Era el momento de echar una mano. Me acerqué a ellos.
—Vinimos por el camino de Radford —tercié bastante seguro de que el sacristán no habría ido en esa dirección—. Un camión de leche nos recogió.
—Creía que había barricadas. —El sacristán seguía agarrando la pala.
—Teníamos pases especiales —apuntó Carruthers.
Un error. Era probable que el sacristán quisiera verlos.
—La reina nos envió —me apresuré a decir.
Eso bastó. El casco se le cayó y el hombre se puso firmes, sujetando la pala como si fuera una lanza.
—¿Su Majestad?
Me coloqué el casco del SAB sobre el corazón.
—Dijo que no podría atreverse a ver Coventry hasta que hubiera hecho algo para ayudar. «Su hermosa, hermosísima catedral —nos dijo—. Deben ir ustedes a Coventry ahora mismo y ofrecerles toda la ayuda que puedan».
—Propio de ella —dijo el sacristán, sacudiendo reverente la calva—. Propio de ella. «Su hermosa, hermosísima catedral». Es propio de ella.
Asentí solemne, le hice un guiño a Carruthers y volví a mi excavación. El resto del arco desplomado estaba debajo de las losetas, junto con un puñado de cables eléctricos y una lápida conmemorativa que rezaba: «Descanse en pa…». Un deseo que, al parecer, no había sido respetado.
Despejé un espacio de unos veinte centímetros alrededor de la columna. Nada. Me arrastré sobre los escombros, buscando el resto del pilar; encontré un fragmento y empecé a cavar otra vez.
Carruthers se acercó.
—El sacristán quería saber qué aspecto tenía la reina —comentó—. Le dije que llevaba sombrero. Lo llevaba, ¿no? Nunca recuerdo quién era la que los llevaba.
—Todas. Excepto Victoria. Esa se ponía un bonete de encaje —dije—. Y Camilla. No fue reina el tiempo suficiente. Dile que Su Majestad salvó la Biblia de la reina Victoria cuando el palacio de Buckingham fue bombardeado. La llevó en brazos como a un bebé.

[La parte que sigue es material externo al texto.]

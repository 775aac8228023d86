// Runs of bytes at the front or at the end of a slice.
ghost use Rattle.std.specs.Prelude.{◌≡◌, ◌≤◌, length};
ghost use Rattle.words.specs.Inner.{AllIn, Leads, Kept};
ghost use Rattle.words.specs.Runs.{is_blank, in_run, take_while, drop_while, drop_while_end, before_first, behind_first};

// Bytes of one kind, one behind the other.
#[derive(Clone, Copy, Debug, PartialEq, Eq)]
pub enum Run {
    Blanks,
    // Bytes that are no blanks.
    Word,
    // Bytes that are not this one.
    Until(u8),
    // Bytes that cannot be this capital letter, raised.
    Unlike(u8),
}

#[tactic(auto, unfolding(crate::specs::Runs::is_blank))]
pub fn is_blank(byte: u8) -> bool
    ensures { result ≡ is_blank byte }
{
    matches!(byte, 9..=13 | 32)
}

pub fn in_run(run: Run, byte: u8) -> bool
    ensures { result ≡ in_run run byte }
{
    match run {
        Run::Blanks => is_blank(byte),
        Run::Word => !is_blank(byte),
        Run::Until(end) => byte != end,
        // A letter and its capital are 32 apart.
        Run::Unlike(letter) => byte % 32 != letter % 32,
    }
}

// How many bytes of the run `s` starts with.
pub fn leading(s: &[u8], run: Run) -> usize
    ensures value { result ≡ length (take_while (in_run run) s.now) }
    ensures within { result ≤ length s.now }
{
    s.iter()
        .position(|byte| !in_run(run, *byte))
        .unwrap_or(s.len())
}

// Whether a block is of the run, each byte tested: a test for all at once is cheap.
fn all_in(block: &[u8], run: Run) -> bool
    ensures { AllIn (in_run run) block.now 0 (length block.now) result }
{
    let mut all = true;
    for byte in block {
        all &= in_run(run, *byte);
    }
    all
}

// How many bytes of the run `s` starts with, as far as they fill blocks of 8.
fn whole_blocks(s: &[u8], run: Run) -> usize
    ensures { Leads (in_run run) s.now result }
{
    8 * s
        .chunks_exact(8)
        .take_while(|block| all_in(block, run))
        .count()
}

// As `leading`, for runs that are long.
pub fn long_run(s: &[u8], run: Run) -> usize
    ensures value { result ≡ length (take_while (in_run run) s.now) }
    ensures within { result ≤ length s.now }
{
    let i = whole_blocks(s, run);
    i + leading(&s[i..], run)
}

// Where `s` ends without the run at its end.
pub fn kept(s: &[u8], run: Run) -> usize
    ensures value { result ≡ length (drop_while_end (in_run run) s.now) }
    ensures part { Kept (in_run run) s.now result }
{
    let behind = s
        .iter()
        .rev()
        .position(|byte| !in_run(run, *byte))
        .unwrap_or(s.len());
    s.len() - behind
}

pub fn dropped(s: &[u8], run: Run) -> &[u8]
    ensures { result.now ≡ drop_while (in_run run) s.now }
{
    &s[leading(s, run)..]
}

pub fn before_first(s: &[u8], byte: u8) -> &[u8]
    ensures { result.now ≡ before_first byte s.now }
{
    &s[..leading(s, Run::Until(byte))]
}

pub fn behind_first(s: &[u8], byte: u8) -> &[u8]
    ensures { result.now ≡ behind_first byte s.now }
{
    match dropped(s, Run::Until(byte)) {
        [_, behind @ ..] => behind,
        none => none,
    }
}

—¿Eso hizo? —preguntó Carruthers.
—No, pero así evitarás que te pregunte por qué llevas un casco de bombardero. Y tal vez se anime a hablar sobre lo que se salvó anoche.
Carruthers se sacó un trozo de papel del bolsillo del mono.

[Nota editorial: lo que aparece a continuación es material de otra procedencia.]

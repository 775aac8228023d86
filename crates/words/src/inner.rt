// For our own crates: what asks something of its caller.
pub mod keywords;
pub mod pieces;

—Los candelabros del altar y la cruz del altar mayor y la capilla de los Herreros fueron salvados por el preboste Howard y el retén de bomberos y trasladados a la comisaría de policía. También una patena de plata y un cáliz, un crucifijo de madera, un sagrario de plata, las Epístolas, los Evangelios, y la bandera del Regimiento Real de Warwickshire, Séptimo Batallón —leyó.
Coincidía con la lista que había hecho el preboste Howard tras el bombardeo.
—Pero no el tocón del pájaro del obispo —dije, contemplando los escombros—. Lo que significa que está aquí, en alguna parte.
—¿No ha habido suerte? —preguntó Carruthers.
—No. Supongo que no hay ninguna posibilidad de que alguien haya llegado antes y lo haya encontrado ya.
—Ninguno de los nuestros —aseguró Carruthers—. Davis y Peters ni siquiera dieron con el año adecuado. Yo he necesitado cuatro intentos para llegar tan cerca. La primera vez que atravesé caí en el diecinueve. La segunda vez acabé a mediados de diciembre. La tercera vez di en el objetivo, el mes adecuado, el día adecuado, diez minutos antes de que empezara el bombardeo. Y en mitad de un campo de guisos a medio camino de Birmingham.
—¿Guisos? —Tenía que haber oído mal. Los guisos no crecen en el campo, ¿no?
—Guisantes —repitió Carruthers, irritado—. En un campo de guisantes. Y no tuvo ninguna gracia. La esposa del granjero me tomó por un paracaidista alemán y me encerró en el granero. Las pasé canutas para salir.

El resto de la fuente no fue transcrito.